Fortunately, some initiatives have been started addressing these issues by the government. Of the various promising programmes addressing the human resource challenge in the biotech industry, the Agilent driven Bioanalytical Industry Development program (BIDP) supported by the Talent Corporation (TalentCorp) is particularly worth mentioning. It is a good example of a Public and Private Partnership (PPP) Program led by Agilent Technologies in partnership with Human Architecture Technologies (HAT) with the support of the National Institutes of Biotechnology Malaysia (NIBM).

Meticulously designed and implemented by HAT, this programme offers hands-on-training on various instruments and industry aspects to some of the most promising fresh graduates in Malaysia, if they are able to get industry sponsors based on their academic credentials.

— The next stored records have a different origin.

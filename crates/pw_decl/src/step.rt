//! The contents of a compound: its lines, and what they call.

use pw_info::Kind;
use pw_procs::Arguments;

/// Something that a line of a compound may call, and an attachment may attach.
#[derive(Clone, Copy, Debug, PartialEq, Eq)]
pub enum Callable {
    /// The stored procedure of this number in the registry.
    Stored(u8),
    /// The compound of this number. `sum`, `product` and `conditional` are 0, 1 and 2; declared
    /// compounds are numbered from 3 on.
    Compound(u8),
}

/// A line of a compound.
///
/// Compound propagators are built from others and from private cells (Radul and Sussman, *The Art
/// of the Propagator*, on building networks out of compounds).
#[derive(Clone, Copy, Debug, PartialEq, Eq)]
pub enum Step {
    /// A private cell of this kind.
    Local(Kind),
    /// A callable over cells of the compound, by their places: the parameters from 0, then the
    /// private cells so far, each in the order of their lines. The last is the output of a
    /// procedure.
    Call(Callable, Arguments),
}
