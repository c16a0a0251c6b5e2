//! Flattening a compound that ends.
ghost use Rattle.std.specs.Prelude.{◌≡◌, ◌+◌, ◌≤◌, ◌++◌, All, length, IfOk, OnOk};
ghost use Rattle.std.specs.List.{range_with_len};
ghost use Rattle.pw_procs.specs.Registry.{cells_of};
ghost use Rattle.pw_decl.specs.Declaration.{IsCallable};
ghost use Rattle.pw_decl.specs.inside.Fields.{declared};
ghost use Rattle.pw_decl.specs.inside.Held.{IsFlattened, instances_of};
ghost use Rattle.pw_decl.specs.inside.Held.{compound_of, step_of};
ghost use Rattle.pw_decl.specs.Limits.{most_inner_cells, most_parameters};
ghost use Rattle.pw_decl.specs.inside.Flattening.{GainsCallable, IsNextStep, TakesSoMany};
ghost use Rattle.pw_decl.specs.inside.Opened.{IsOpen};
ghost use Rattle.pw_decl.specs.inside.Held.{instances_on};
ghost use Rattle.pw_decl.specs.inside.Flattening.{FlattensStep};

use crate::compound::OpenCompound;
use crate::declaration::Declaration;
use crate::flat_call::{FlatCall, Flattened, place_cells};
use crate::step::{Callable, Step};
use pw_procs::Arguments;
use std::alloc::{AllocError, Allocator};

// A compound whose first lines are flattened.
#[derive(Drop)]
struct Flattening<A: Allocator> {
    // The place of each cell of the compound so far.
    places: Vec<u32, A>,
    flattened: Flattened<A>,
}

// The first `count` places.
fn first_places<A: Allocator + Copy>(alloc: A, count: u32) -> Result<Vec<u32, A>, AllocError>
    ensures { IfOk result (λ places. places.items ≡ range_with_len 0 count) }
{
    let mut places = Vec::new(alloc);
    for place in 0..count {
        places.push(place)?;
    }
    Ok(places)
}

// Adds calls. Their places mean these cells, and, past their end, the inner cells from `first` on.
fn add_calls<A: Allocator + Copy>(
    added: &mut Vec<FlatCall, A>,
    calls: &[FlatCall],
    cells: &[u32],
    first: u32,
) -> Result<(), AllocError>
    requires { All (λ call. All (λ place. first + place ≤ 4294967295) (cells_of call.places))
        calls.now }
    ensures { OnOk result (instances_of added.new.items ≡ instances_of added.old.items ++
        instances_on cells.now first calls.now) }
{
    for call in calls {
        added.push(FlatCall {
            procedure: call.procedure,
            places: place_cells(call.places, cells, first),
        })?;
    }
    Ok(())
}

// Adds the expansion of a callable on cells that it takes. Its inner cells are those from `first`
// on.
fn add_callable<A: Allocator + Copy>(
    declaration: &Declaration<'_, A>,
    flattened: &mut Flattened<A>,
    callable: Callable,
    cells: Arguments,
    first: u32,
) -> Result<(), AllocError>
    requires few { first ≤ most_parameters + most_inner_cells }
    requires there { IsCallable (declared declaration.now) callable }
    requires takes { TakesSoMany (declared declaration.now) callable (length (cells_of cells)) }
    ensures { OnOk result (GainsCallable (declared declaration.now).compounds callable
        (cells_of cells) first flattened.old flattened.new) }
{
    match callable {
        Callable::Stored(procedure) => flattened.calls.push(FlatCall {
            procedure,
            places: cells,
        })?,
        Callable::Compound(number) => {
            let (calls, inner) = (
                declaration.flat_calls(number),
                declaration.inner_kinds(number),
            );
            add_calls(&mut flattened.calls, calls, cells.cells(), first)?;
            flattened.inner.extend_from_slice(inner)?;
        }
    }
    Ok(())
}

// Adds the expansion of the next line, in a compound with this many parameters.
fn add_step<A: Allocator + Copy>(
    declaration: &Declaration<'_, A>,
    parameters: u32,
    flattening: &mut Flattening<A>,
    step: Step,
) -> Result<(), AllocError>
    requires few { parameters ≤ most_parameters }
    requires next { IsNextStep (declared declaration.now) flattening.old (step_of step) }
    ensures { OnOk result (FlattensStep (declared declaration.now).compounds parameters (step_of
        step) flattening.old flattening.new) }
{
    let first = parameters + flattening.flattened.inner.len() as u32;
    match step {
        Step::Local(kind) => {
            flattening.places.push(first)?;
            flattening.flattened.inner.push(kind)?;
        }
        Step::Call(callable, arguments) => {
            let cells = place_cells(arguments, &flattening.places, 0);
            add_callable(
                declaration,
                &mut flattening.flattened,
                callable,
                cells,
                first,
            )?;
        }
    }
    Ok(())
}

/// The flattened form of an open compound, if it ends as it is.
pub(crate) fn flatten<A: Allocator + Copy>(
    alloc: A,
    declaration: &Declaration<'_, A>,
    opened: &OpenCompound<A>,
) -> Result<Flattened<A>, AllocError>
    requires { IsOpen (declared declaration.now) opened.now }
    ensures { IfOk result (IsFlattened (declared declaration.now).compounds
        (compound_of opened.now.compound)) }
{
    let parameters = opened.compound.parameters.len() as u32;
    let mut flattening = Flattening {
        places: first_places(alloc, parameters)?,
        flattened: Flattened {
            calls: Vec::new(alloc),
            inner: Vec::new(alloc),
        },
    };
    for step in &opened.compound.steps {
        add_step(declaration, parameters, &mut flattening, *step)?;
    }
    Ok(flattening.flattened)
}
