//! Tests of informations: words and texts, numbers, and what takes bytes.
ghost use Rattle.std.specs.Prelude.{[], Some};

use pw_info::{Failed, Info, Kind, Output, Writing, put_all, read_info, write_info};
use pw_kinds::{Exact, Interval};
use std::alloc::Global;
use std::io::{self, ErrorKind, Write};
use std::process::Abort;
use std::test::Fail;

mod words;

use words::Palette;

// The ends of the interval that a word spells.
fn read_range(word: &[u8]) -> Option<(i64, i64)> {
    let interval = read_info(word, Kind::Interval, &Palette)?.interval()?;
    if interval.is_empty() {
        return None;
    }
    Some((interval.lo(), interval.hi()))
}

// The only number of the interval that a word spells.
fn read_number(word: &[u8]) -> Option<i64> {
    let (lo, hi) = read_range(word)?;
    (lo == hi).then_some(lo)
}

// The exact number that a word spells.
fn read_exact(word: &[u8]) -> Option<Exact> {
    read_info(word, Kind::Exact, &Palette)?.exact()
}

#[test]
fn reads_numbers(rt: HostRuntime) {
    let cases: [(&str, Option<i64>); 12] = [
        ("0", Some(0)),
        ("5", Some(5)),
        ("-3", Some(-3)),
        ("1000000", Some(1_000_000)),
        ("-1000000", Some(-1_000_000)),
        ("1000001", None),
        ("007", None),
        ("-0", None),
        ("+1", None),
        ("-", None),
        ("{red}", None),
        ("", None),
    ];
    for (word, want) in cases {
        assert!(rt; read_number(word.as_bytes()) == want, "at {word}");
    }
}

#[test]
fn reads_ranges(rt: HostRuntime) {
    let cases: [(&str, Option<(i64, i64)>); 16] = [
        ("5", Some((5, 5))),
        ("5..5", Some((5, 5))),
        ("-3..4", Some((-3, 4))),
        ("-1000000..1000000", Some((-1_000_000, 1_000_000))),
        ("1000001", None),
        ("-1000001..0", None),
        ("9..3", None),
        ("007", None),
        ("-0", None),
        ("+1", None),
        ("1..", None),
        ("..2", None),
        ("1...2", None),
        ("1..2..3", None),
        ("{red}", None),
        ("", None),
    ];
    for (word, want) in cases {
        assert!(rt; read_range(word.as_bytes()) == want, "at {word}");
    }
}

#[test]
fn reads_no_thousand_digits(rt: HostRuntime) {
    let ones = [b'1'; 1000];
    assert!(rt; read_exact(&ones).is_none() && read_range(&ones).is_none());
}

#[test]
fn reads_no_bytes_past_ascii(rt: HostRuntime) {
    let words: [&[u8]; 4] = [b"\xff", b"1\xb2", b"\xd9\xa1", b"1..\xd9\xa2"];
    for word in words {
        assert!(rt; read_exact(word).is_none() && read_range(word).is_none());
    }
}

// Checks that a number is read from what is written of it.
fn is_read_back<R: Abort + AllocGlobal>(rt: &R, number: i64) -> Result<(), Fail> {
    let interval = Interval::new(number, number).ok_or("no interval")?;
    let mut output = Writing::new(Vec::new(rt.alloc()));
    write_info(&Info::of_interval(interval), &Palette, &mut output)?;
    assert!(rt; read_number(output.into_writer().as_slice()) == Some(number));
    Ok(())
}

#[test]
fn reads_what_is_written(rt: HostRuntime) -> Result<(), Fail> {
    let numbers: [i64; 5] = [0, 7, -7, 1_000_000, -1_000_000];
    for number in numbers {
        is_read_back(&rt, number)?;
    }
    Ok(())
}

/// A writer that takes one byte a write, and none past its room.
#[derive(Drop)]
pub struct Trickle {
    pub text: Vec<u8>,
    pub room: usize,
}

impl Write for Trickle {
    ghost contents = { λ w. Some w.text.items };

    fn write(&mut self, buf: &[u8]) -> io::Result<usize> {
        let Some(first) = buf.first() else {
            return Ok(0);
        };
        if self.text.len() >= self.room {
            return Err(io::Error::from(ErrorKind::StorageFull));
        }
        self.text.push(*first)?;
        Ok(1)
    }

    fn flush(&mut self) -> io::Result<()> {
        Ok(())
    }
}

/// An output over a writer with this room.
pub fn trickling(alloc: Global, room: usize) -> Writing<Trickle> {
    Writing::new(Trickle {
        text: Vec::new(alloc),
        room,
    })
}

/// Checks that the writer took the text, or as much of it as there was room for.
pub fn has_front<R: Abort>(rt: &R, output: Writing<Trickle>, text: &[u8], room: usize) {
    let kept = room.min(text.len());
    assert!(rt;
        output.into_writer().text.as_slice() == &text[..kept],
        "at {room}"
    );
}

// Checks that an output that failed takes nothing.
fn takes_nothing<R: Abort>(rt: &R, output: &mut Writing<Trickle>, text: &[u8]) {
    assert!(rt; output.put(text) == Err(Failed));
    assert!(rt; output.put(b"") == Err(Failed));
    assert!(rt; output.failed());
}

// Passes a text to a writer with this room. Checks that it takes the text or a front.
fn passes<R: Abort + AllocGlobal>(rt: &R, text: &[u8], room: usize) {
    let mut output = trickling(rt.alloc(), room);
    let answer = put_all(&mut output, text);
    let has_room = room >= text.len();
    assert!(rt; answer.is_ok() == has_room, "at {room}");
    assert!(rt; output.failed() == !has_room, "at {room}");
    if output.failed() {
        takes_nothing(rt, &mut output, text);
    }
    has_front(rt, output, text, room);
}

#[test]
fn passes_the_text_or_a_front(rt: HostRuntime) {
    for room in 0..20usize {
        passes(&rt, b"one byte at a time", room);
    }
}

// A writer that takes nothing.
#[derive(Drop)]
struct Full;

impl Write for Full {
    ghost contents = { λ _. Some [] };

    fn write(&mut self, _buf: &[u8]) -> io::Result<usize> {
        Ok(0)
    }

    fn flush(&mut self) -> io::Result<()> {
        Ok(())
    }
}

#[test]
fn no_byte_taken_is_a_failure(rt: HostRuntime) {
    let mut output = Writing::new(Full);
    assert!(rt; output.put(b"") == Ok(0));
    assert!(rt; output.put(b"x") == Err(Failed));
    assert!(rt; output.failed());
    assert!(rt; output.put(b"") == Err(Failed));
}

For a fresh graduate, this is a golden opportunity to understand the industry structure, which can assist them in making important career choices. For biotech companies, on the other hand, the BIDP-trained staff adds much higher value compared to any fresh graduate that they might hire. Most importantly, it sets free the staff scientists in the company from the time consuming tasks of training new staff the basic stuff and skills need in laboratories. Malaysia needs more such programs to fast track its journey to reach the threshold level in human resource development.

Another option to address employability issues is to arrange good quality internships to undergraduate and postgraduate students. If implemented well, it can give students valuable exposure to the industry, which in turn can help them in crucial decision making processes related to career planning.

The key here is to have access to high quality of internships that are of value to both employers and interns. Through well managed internships students can significantly enhance their employability by developing skills essential in their field of choice.

The big question here is how do the students tap such opportunities in Malaysia. Employers may not see the benefits of internships in terms of access to new skills or as opportunities to develop supervisory skills of their existing staff.

Even in India, where the possibility to get good quality internship opportunities is higher, companies are often reluctant to take interns into their R&D. There are several genuine reasons justifying this trend, which include the increasing regulatory aspects restricting unqualified personal within R&D, secrecy agreements with clients in the case of CROs, and the lack of cooperation from staff scientists, who are struggling to balance their schedule between various deadlines.

Though challenging, it is possible to design a strategic initiative accommodating the benefits to both parties and addressing their concerns. In the long term, the industry will benefit from the highly skilled pool of talents created through such initiatives.